## PROBLEM
Each line below that contains "told" should be counted; give the total alone.
########
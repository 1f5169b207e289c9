//! The signals that drain a farm.

use devices::Folder;
use end_signals::{EndSignals, SignalsUnread, read_signals};
use page_server::EndFlag;
use std::alloc::{AllocError, Global};
use std::sync::Wait;
use std::time::Clock;

/// For how many milliseconds at most a signal that came is not seen.
const UNSEEN_MS: u32 = 200;

/// The line that says which signals drain a farm, as `drains at SIGTERM and SIGINT`, `drains at no signal` or `drains at no signal (WHY)`.
/// The only error is out of memory.
pub fn signals_line(
    alloc: Global,
    signals: &Result<EndSignals, SignalsUnread>,
) -> Result<String, AllocError> {
    match signals {
        Ok(signals) => format!(in alloc; "drains at {signals}"),
        Err(why) => format!(in alloc; "drains at no signal ({why})"),
    }
}

/// Whether a signal waits that was blocked when the program started. A look that fails, as if no more files may be open, sees none: the
/// signal stays, and another look may see it.
fn has_come<F: Folder>(files: &F, alloc: Global) -> bool {
    read_signals(files, alloc).is_ok_and(|status| status.came() != EndSignals::Neither)
}

/// Raises the flag once a signal waits that was blocked when the program started: it looks five times a second, and rests meanwhile. It
/// returns once the flag is raised, by whomever.
pub fn drain_at_signals<F: Folder, R: Wait + Clock>(
    rt: &R,
    files: &F,
    alloc: Global,
    flag: &EndFlag,
) {
    for _ in 0..u64::MAX {
        if flag.is_raised(rt) {
            return;
        }
        if has_come(files, alloc) {
            break;
        }
        flag.rest(rt, UNSEEN_MS);
    }
    flag.raise(rt);
}
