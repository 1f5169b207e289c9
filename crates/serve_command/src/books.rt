//! The books of a farm.

use crate::farm::Farm;
use crate::last_jobs::LastJobs;
use farm_hosts::{FileRoom, Hosts, ThreadRoom};
use farm_notes::Tally;
use std::sync::Mutex;
use unserved_jobs::{UnreadJobs, UnservedJobs};

/// What is kept of a farm while it runs.
#[derive(Clone, Copy)]
pub struct Books<'e> {
    /// The farm.
    pub farm: &'e Farm,
    /// Which hosts are reached.
    pub hosts: &'e Hosts,
    /// The jobs that services left unserved lately, and which workers hold one.
    pub unserved: &'e Mutex<UnservedJobs>,
    /// The workers that met a job that is too large to be read, and how many of their links are held.
    pub unread: &'e Mutex<UnreadJobs>,
    /// What became of the jobs.
    pub tally: &'e Tally,
    /// The job that each worker did last.
    pub last_jobs: &'e LastJobs,
    /// Whether there are files for more workers.
    pub files: &'e FileRoom,
    /// Whether there are threads for more workers.
    pub threads: &'e ThreadRoom,
}
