//! Whether the page of a farm is open.

use page_server::PageTimes;
use service_settings::Page;
use std::alloc::{AllocError, Global};
use std::io;
use std::sync::{Mutex, Wait};

/// What came of the tries to open a page.
#[derive(Clone, Copy, Debug, PartialEq, Eq)]
enum Tries {
    /// There was none.
    Nothing,
    /// The page is not open.
    InVain,
    /// The page is open.
    Opened,
}

/// The page of a farm, which is opened at the start, and else at the first attempt that can open it.
#[derive(Drop)]
pub struct PageDoor<'p> {
    /// The page.
    pub page: &'p Page,
    /// The times that it goes by.
    pub times: PageTimes,
    tries: Mutex<Tries>,
}

impl<'p> PageDoor<'p> {
    /// That of this page before the first try.
    pub fn new(page: &'p Page, times: PageTimes) -> PageDoor<'p> {
        PageDoor {
            page,
            times,
            tries: Mutex::new(Tries::Nothing),
        }
    }

    /// Whether the page is open.
    pub fn is_open<R: Wait>(&self, rt: &R) -> bool {
        *self.tries.lock(rt) == Tries::Opened
    }

    /// It was tried to open the page. The line of what is new: that the first try failed, as `nopage 127.0.0.1:4780 (WHY)`, or that a later
    /// one did not, as `page 127.0.0.1:4780`.
    pub fn note_try<R: Wait>(
        &self,
        rt: &R,
        alloc: Global,
        came: &io::Result<()>,
    ) -> Option<Result<String, AllocError>> {
        let mut held = self.tries.lock(rt);
        let listen = self.page.listen();
        match (*held, came) {
            (Tries::Nothing, Err(error)) => {
                *held = Tries::InVain;
                Some(format!(in alloc; "nopage {listen} ({error})"))
            }
            (Tries::InVain, Ok(())) => {
                *held = Tries::Opened;
                Some(format!(in alloc; "page {listen}"))
            }
            (_, Ok(())) => {
                *held = Tries::Opened;
                None
            }
            (_, Err(_)) => None,
        }
    }
}
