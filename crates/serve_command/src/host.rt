//! What a farm is lent by the machine that it is run on.

use crate::manager::Stage;
use byte_io::{Sink, Source};
use devices::DialError;
use farm_page::{FailureView, FarmView};
use http_jobs::{CallTimes, Clock, Dial, Look};
use page_server::PageTimes;
use run_command::Host;
use service_settings::Page;
use std::alloc::AllocError;
use std::io;

/// What a farm is lent by the machine that it is run on: what a run is, and connections to services, an end, and somebody who reads its
/// lines.
pub trait FarmHost: Host {
    ghost use Rattle.std.specs.Prelude.{◌≡◌, IfSome, string_bytes};
    ghost use Rattle.http_jobs.specs.Serving.{IsNothing};

    /// A connection to a service.
    type Call: Source + Sink + Look + Send + Drop;

    /// What opens the connections of one worker.
    type Dials: Dial<Self::Call> + Send + Drop;

    /// What shows the time to one worker.
    type Times: Clock + Send + Drop;

    /// What opens connections to this host, `NAME:PORT` or `ADDRESS:PORT`. If it shows its calls, there are none yet.
    fn dials(&self, host: String, times: CallTimes) -> Self::Dials
        ensures host { IfSome (Self.Dials.host result) (λ named. named ≡ string_bytes host) }
        ensures unused { IsNothing (Self.Dials.calls result) };

    /// The same for a look whether this host is still there, which should not wait for a name if the host may be reached without.
    fn looks(&self, host: String, times: CallTimes) -> Self::Dials
        ensures host { IfSome (Self.Dials.host result) (λ named. named ≡ string_bytes host) }
        ensures unused { IsNothing (Self.Dials.calls result) }
    {
        self.dials(host, times)
    }

    /// A clock.
    fn times(&self) -> Self::Times;

    /// How many more files can be open now, if that is less than so many, and else so many.
    fn free_files(&self, most: u32) -> u32 {
        most
    }

    /// Why the last dial of the job server failed, if it did and that is known.
    fn last_failure(&self) -> Option<DialError> {
        None
    }

    /// Whether the farm has to end. Once it has, it always has.
    fn is_to_end(&self) -> bool;

    /// The farm has to end from now on.
    fn begin_end(&self) {}

    /// Waits for so many milliseconds, or until the farm has to end.
    fn rest(&self, milliseconds: u32);

    /// Waits for so many milliseconds, or until the bell rings or the farm has to end. Whether the bell has rung, meanwhile or before.
    fn rest_until_rung(&self, milliseconds: u32) -> bool {
        self.rest(milliseconds);
        false
    }

    /// Rings the bell: who rests until it rings, or does so next, goes on.
    fn ring(&self) {}

    /// The job with the time of now, if the clock can be read.
    fn dated(&self, failure: FailureView) -> FailureView {
        failure
    }

    /// Takes a line of what happens, without a line feed, or that there was no memory for one. It does not wait for whoever reads it.
    fn tell(&self, line: Result<String, AllocError>);

    /// Takes such a line, if there is one.
    fn tell_if(&self, line: Option<Result<String, AllocError>>) {
        if let Some(line) = line {
            self.tell(line);
        }
    }

    /// Takes a line of what the farm came to. It is not left out, however far behind whoever reads the lines is.
    fn tell_last(&self, line: Result<String, AllocError>) {
        self.tell(line);
    }

    /// Takes what is to be told before all other lines, as which signals drain the farm.
    fn tell_start(&self) {}

    /// The farm is so far: a service manager is told what it does not know yet.
    fn note_stage(&self, _stage: Stage) {}

    /// The farm is alive: a service manager that wants to know it is told so.
    fn note_alive(&self) {}

    /// Lets peers ask for the page of the farm at its address. The error says why it cannot be opened.
    fn open_page(&self, _page: &Page, _times: PageTimes) -> io::Result<()> {
        Ok(())
    }

    /// Shows this on the page from now on.
    fn show(&self, _view: FarmView) {}

    /// The farm has ended, and came to this.
    fn tell_end(&self, _text: String) {}
}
########
## ANSWER BELOW
3